> [Exercise material]
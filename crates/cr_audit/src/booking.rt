//! The book of what a log proves, and the one that is given.

ghost use Rattle.std.specs.Prelude.{◌≡◌, ◌++◌, length, flat_map, IfOk, MatchOption};
ghost use Rattle.std.specs.List.Sorted.{IsStrictlySortedBy};
ghost use Rattle.cr_model.specs.Books.{book_line, book_order, book_text};
ghost use Rattle.cr_audit.specs.Audits.{DifferFirst};
ghost use Rattle.cr_audit.specs.Touched.{AreTouches, IsBookAnswer, IsMeasured, callings};

use crate::fault::AuditFault;
use crate::touches::{Touch, count};
use crate::writing::{write_leads, write_numbered};
use cr_model::{Problem, common_front};
use cr_row::NoMemory;
use std::alloc::Global;
use std::collections::BTreeSet;

/// The number of touches, where the book is that of these touches, and else the first byte that differs.
pub fn judge_book(
    alloc: Global,
    problem: &Problem,
    book: &[u8],
    touches: &BTreeSet<Touch>,
) -> Result<u64, AuditFault>
    requires { AreTouches problem.now touches.now.keys }
    ensures is { IsBookAnswer problem.now book.now (callings touches.now.keys) result }
    ensures ascending { IsStrictlySortedBy (book_order problem.now) (callings touches.now.keys) }
{
    let number = count(touches);
    let text = book_of(alloc, problem, touches, number)?;
    match first_difference(book, &text) {
        Some(place) => Err(AuditFault::Book(place)),
        None => Ok(number),
    }
}

// The book of so many touches.
fn book_of(
    alloc: Global,
    problem: &Problem,
    touches: &BTreeSet<Touch>,
    number: u64,
) -> Result<Vec<u8>, NoMemory>
    requires are { AreTouches problem.now touches.now.keys }
    requires number { number ≡ length touches.now.keys }
    ensures { IfOk result (λ text. text.items ≡ book_text problem.now (callings touches.now.keys)) }
{
    let mut text = Vec::new(alloc);
    write_touches(&mut text, problem, touches)?;
    write_numbered(&mut text, b"touches ", number)?;
    text.push(b'\n')?;
    Ok(text)
}

fn write_touches(
    text: &mut Vec<u8>,
    problem: &Problem,
    touches: &BTreeSet<Touch>,
) -> Result<(), NoMemory>
    requires { AreTouches problem.now touches.now.keys }
    ensures { IfOk result (λ _. text.new.items ≡ text.old.items ++ flat_map (book_line problem.now) (callings touches.now.keys)) }
{
    for touch in touches {
        write_touch(text, problem, touch)?;
    }
    Ok(())
}

fn write_touch(text: &mut Vec<u8>, problem: &Problem, touch: &Touch) -> Result<(), NoMemory>
    requires { IsMeasured problem.now touch.now }
    ensures { IfOk result (λ _. text.new.items ≡ text.old.items ++ book_line problem.now touch.now.steps.items) }
{
    write_numbered(text, b"", touch.length)?;
    text.push(b' ')?;
    write_leads(text, problem, &touch.steps)?;
    text.push(b'\n')?;
    Ok(())
}

// The first place at which two texts differ, or the shorter one's length where the other goes on.
fn first_difference(text: &[u8], other: &[u8]) -> Option<u64>
    ensures { MatchOption result (text.now ≡ other.now) (λ place. DifferFirst text.now other.now place) }
{
    let front = common_front(text, other);
    if front == text.len() && front == other.len() {
        None
    } else {
        Some(front as u64)
    }
}
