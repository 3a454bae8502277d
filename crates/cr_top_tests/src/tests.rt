//! What no clause says: whole calls, from words and bytes to status, bytes and note, with ample memory.

use crate::test_calls::{Ending, Faults, check, ends, ends_with};
use std::test::Fail;

const MINIMUS_LEADS: &str = "stage = 4
[[method]]
letter = \"A\"
notation = \"x14x14,12\"
";

const DOUBLES_LEADS: &str = "stage = 5
[[method]]
letter = \"A\"
notation = \"5.1.5.1.5,125\"
[[call]]
mark = \"b\"
notation = \"145\"
";

const SPLICED: &str = "stage = 4
[[method]]
letter = \"A\"
notation = \"x14x14,12\"
[[method]]
letter = \"C\"
notation = \"x14x14,12\"
[query]
min = 24
max = 24
";

const ALL_DOUBLES: &str =
    "20 bb\n40 pppp\n60 pbpbpb\n100 ppbpbppbpb\n120 pppbpppbpppb\ntouches 5\n";

const ALL_SPLICED: &str = "24 ApApAp\n24 ApApCp\n24 ApCpCp\n24 CpCpCp\ntouches 4\n";

// Which case it is, how its file begins and ends, and the book.
const BOOKS: &[(&str, &str, &str, &str)] = &[
    (
        "plain leads",
        MINIMUS_LEADS,
        "[query]\nmin = 1\nmax = 24\n",
        "24 ppp\ntouches 1\n",
    ),
    (
        "plain leads, above max",
        MINIMUS_LEADS,
        "[query]\nmin = 1\nmax = 23\n",
        "touches 0\n",
    ),
    (
        "a bob lead that comes round",
        MINIMUS_LEADS,
        "[[call]]\nmark = \"b\"\nnotation = \"14\"\n[query]\nmin = 1\nmax = 24\n",
        "8 b\n24 ppp\ntouches 2\n",
    ),
    (
        "a call that repeats a row",
        MINIMUS_LEADS,
        "[[call]]\nmark = \"s\"\nnotation = \"1234\"\n[query]\nmin = 1\nmax = 24\n",
        "24 ppp\ntouches 1\n",
    ),
    (
        "bobs",
        DOUBLES_LEADS,
        "[query]\nmin = 1\nmax = 120\n",
        ALL_DOUBLES,
    ),
    (
        "two parts",
        DOUBLES_LEADS,
        "[query]\nmin = 1\nmax = 120\nparts = 2\n",
        "20 bb\n40 pppp\n100 ppbpbppbpb\ntouches 3\n",
    ),
    (
        "three parts",
        DOUBLES_LEADS,
        "[query]\nmin = 1\nmax = 120\nparts = 3\n",
        "60 pbpbpb\n120 pppbpppbpppb\ntouches 2\n",
    ),
    (
        "four parts",
        DOUBLES_LEADS,
        "[query]\nmin = 1\nmax = 120\nparts = 4\n",
        "40 pppp\ntouches 1\n",
    ),
    (
        "no bob",
        DOUBLES_LEADS,
        "[query]\nmin = 1\nmax = 120\n[[count]]\nmark = \"b\"\nmax = 0\n",
        "40 pppp\ntouches 1\n",
    ),
    (
        "two bobs",
        DOUBLES_LEADS,
        "[query]\nmin = 1\nmax = 120\n[[count]]\nmark = \"b\"\nmin = 2\nmax = 2\n",
        "20 bb\ntouches 1\n",
    ),
    (
        "one length",
        DOUBLES_LEADS,
        "[query]\nmin = 60\nmax = 60\n",
        "60 pbpbpb\ntouches 1\n",
    ),
    (
        "lengths of no touch",
        DOUBLES_LEADS,
        "[query]\nmin = 61\nmax = 99\n",
        "touches 0\n",
    ),
    (
        "a row that the least rotation lacks",
        DOUBLES_LEADS,
        "[query]\nmin = 60\nmax = 60\n[[rows]]\npattern = \"14253\"\nmin = 1\n",
        "60 bpbpbp\ntouches 1\n",
    ),
    (
        "Grandsire Doubles",
        "stage = 5\n[[method]]\nletter = \"G\"\nnotation = \"3,1.5.1.5.1\"\n",
        "[query]\nmin = 1\nmax = 30\n",
        "30 ppp\ntouches 1\n",
    ),
    ("two methods", SPLICED, "", ALL_SPLICED),
    (
        "a call that replaces more changes than it has",
        MINIMUS_LEADS,
        "[[call]]\nmark = \"e\"\nnotation = \"14\"\nover = 5\n[query]\nmin = 1\nmax = 24\n",
        "8 ee\n24 ppp\ntouches 2\n",
    ),
    (
        "no change of method",
        SPLICED,
        "[com]\nmax = 0\n",
        "24 ApApAp\n24 CpCpCp\ntouches 2\n",
    ),
    (
        "at most one change of method",
        SPLICED,
        "[com]\nmax = 1\n",
        ALL_SPLICED,
    ),
    (
        "two changes of method",
        SPLICED,
        "[com]\nmin = 2\n",
        "24 ApCpAp\n24 CpApCp\ntouches 2\n",
    ),
    (
        "three changes of method",
        SPLICED,
        "[com]\nmin = 3\n",
        "touches 0\n",
    ),
    (
        "two crosses",
        "stage = 4\n[[method]]\nletter = \"A\"\nnotation = \"xx\"\n",
        "[query]\nmin = 1\nmax = 24\n",
        "2 p\ntouches 1\n",
    ),
];

#[test]
fn books(rt: HostRuntime) -> Result<(), Fail> {
    for &(name, start, end, book) in BOOKS {
        let input = format!(in rt.alloc(); "{start}{end}")?;
        check(name, ends(&rt, &[], input.as_bytes(), (0, book, ""))?)?;
    }
    Ok(())
}

// Which case it is, the input, which read, write and write of a note fails, and how the call ends.
type Call = (&'static str, &'static str, Faults, Ending<'static>);

const MINIMUS: &str = "stage = 4
[[method]]
letter = \"A\"
notation = \"x14x14,12\"
[query]
min = 1
max = 24
";

const TURNED_COM: &str = "stage = 4
[[method]]
letter = \"A\"
notation = \"x14x14,12\"
[query]
min = 1
max = 24
[com]
min = 2
max = 1
";

const SEVENTEEN: &str = "stage = 17
[[method]]
letter = \"A\"
notation = \"x14x14,12\"
[query]
min = 1
max = 24
";

const DEEP: &str = "stage = 8
[[method]]
letter = \"A\"
notation = \"x\"
[query]
min = 1
max = 1025
";

const ODD: &str = "stage = 5
[[method]]
letter = \"A\"
notation = \"x14\"
[query]
min = 1
max = 24
";

const DOUBLES: &str = "stage = 5
[[method]]
letter = \"A\"
notation = \"5.1.5.1.5,125\"
[[call]]
mark = \"b\"
notation = \"145\"
[query]
min = 1
max = 120
";

const DONE: &str = "24 ppp\ntouches 1\n";

const SUMMARY: &str = "plain bob minor 1 to 72\ntouches 9\nlongest 72\n36 2\n60 1\n72 6\n";

const WORDS: &[(&[&str], Ending<'static>)] = &[
    (&[], (0, DONE, "")),
    (&["--do", "search"], (0, DONE, "")),
    (&["--workers=64", "--do=search"], (0, DONE, "")),
    (&["--turns", "4"], (0, DONE, "")),
    (&["--do", "make"], (0, SUMMARY, "")),
    (&["--do", "make", "--number", "7"], (0, SUMMARY, "")),
    (
        &["--workers", "0"],
        (2, "", "ringsearch: words 2 Workers\n"),
    ),
    (
        &["--workers", "65"],
        (2, "", "ringsearch: words 2 Workers\n"),
    ),
    (&["--turns="], (2, "", "ringsearch: words 3 Turns\n")),
    (
        &["--number", "4294967296"],
        (2, "", "ringsearch: words 4 Number\n"),
    ),
    (&["--do", "find"], (2, "", "ringsearch: words 5 Mode\n")),
    (
        &["--do", "make", "--turns", "5"],
        (2, "", "ringsearch: words 6 Mixed\n"),
    ),
    (&["--number", "1"], (2, "", "ringsearch: words 6 Mixed\n")),
    (&["--bells"], (2, "", "ringsearch: words 1 Line\n")),
    (&["--workers"], (2, "", "ringsearch: words 1 Line\n")),
    (&["--help"], (2, "", "ringsearch: words 1 Line\n")),
    (
        &["--do", "search", ""],
        (2, "", "ringsearch: words 1 Line\n"),
    ),
];

#[test]
fn words(rt: HostRuntime) -> Result<(), Fail> {
    for &(words, ending) in WORDS {
        check("words", ends(&rt, words, MINIMUS.as_bytes(), ending)?)?;
    }
    Ok(())
}

const CALLS: &[Call] = &[
    (
        "limits the wrong way round",
        TURNED_COM,
        (0, 0, 0),
        (4, "", "ringsearch: problem 17 Com\n"),
    ),
    (
        "no TOML",
        "stage =",
        (0, 0, 0),
        (4, "", "ringsearch: problem 1 NotToml\n"),
    ),
    (
        "nothing",
        "",
        (0, 0, 0),
        (4, "", "ringsearch: problem 2 Key stage\n"),
    ),
    (
        "too deep",
        DEEP,
        (0, 0, 0),
        (4, "", "ringsearch: problem 12 Deep 1025\n"),
    ),
    (
        "odd",
        ODD,
        (0, 0, 0),
        (
            4,
            "",
            "ringsearch: problem 5 Notation method 0 CrossOnOdd 0\n",
        ),
    ),
    (
        "the first read fails",
        MINIMUS,
        (1, 0, 0),
        (6, "", "ringsearch: read failed\n"),
    ),
    (
        "the second read fails",
        MINIMUS,
        (2, 0, 0),
        (6, "", "ringsearch: read failed\n"),
    ),
    (
        "the first write fails",
        MINIMUS,
        (0, 1, 0),
        (7, "", "ringsearch: write failed\n"),
    ),
    (
        "the second write fails",
        MINIMUS,
        (0, 2, 0),
        (7, "24 ppp\ntouches 1", "ringsearch: write failed\n"),
    ),
    (
        "the second read of more fails",
        DOUBLES,
        (2, 0, 0),
        (6, "", "ringsearch: read failed\n"),
    ),
    (
        "the third write of more fails",
        DOUBLES,
        (0, 3, 0),
        (
            7,
            "20 bb\n40 pppp\n60 pbpbpb\n100 ppbp",
            "ringsearch: write failed\n",
        ),
    ),
    ("notes fail at once", SEVENTEEN, (0, 0, 1), (4, "", "")),
    ("the note fails too", MINIMUS, (1, 0, 1), (6, "", "")),
    (
        "the note's number fails",
        DEEP,
        (0, 0, 4),
        (4, "", "ringsearch: problem 12 Deep "),
    ),
];

#[test]
fn inputs_and_faults(rt: HostRuntime) -> Result<(), Fail> {
    for &(name, input, faults, ending) in CALLS {
        check(
            name,
            ends_with(&rt, &[], input.as_bytes(), 50, faults, ending)?,
        )?;
    }
    Ok(())
}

> [Required action] Considering the entries above, how many lines contain "MatchOption"? Give that number with nothing else.

> [Expected answer] 2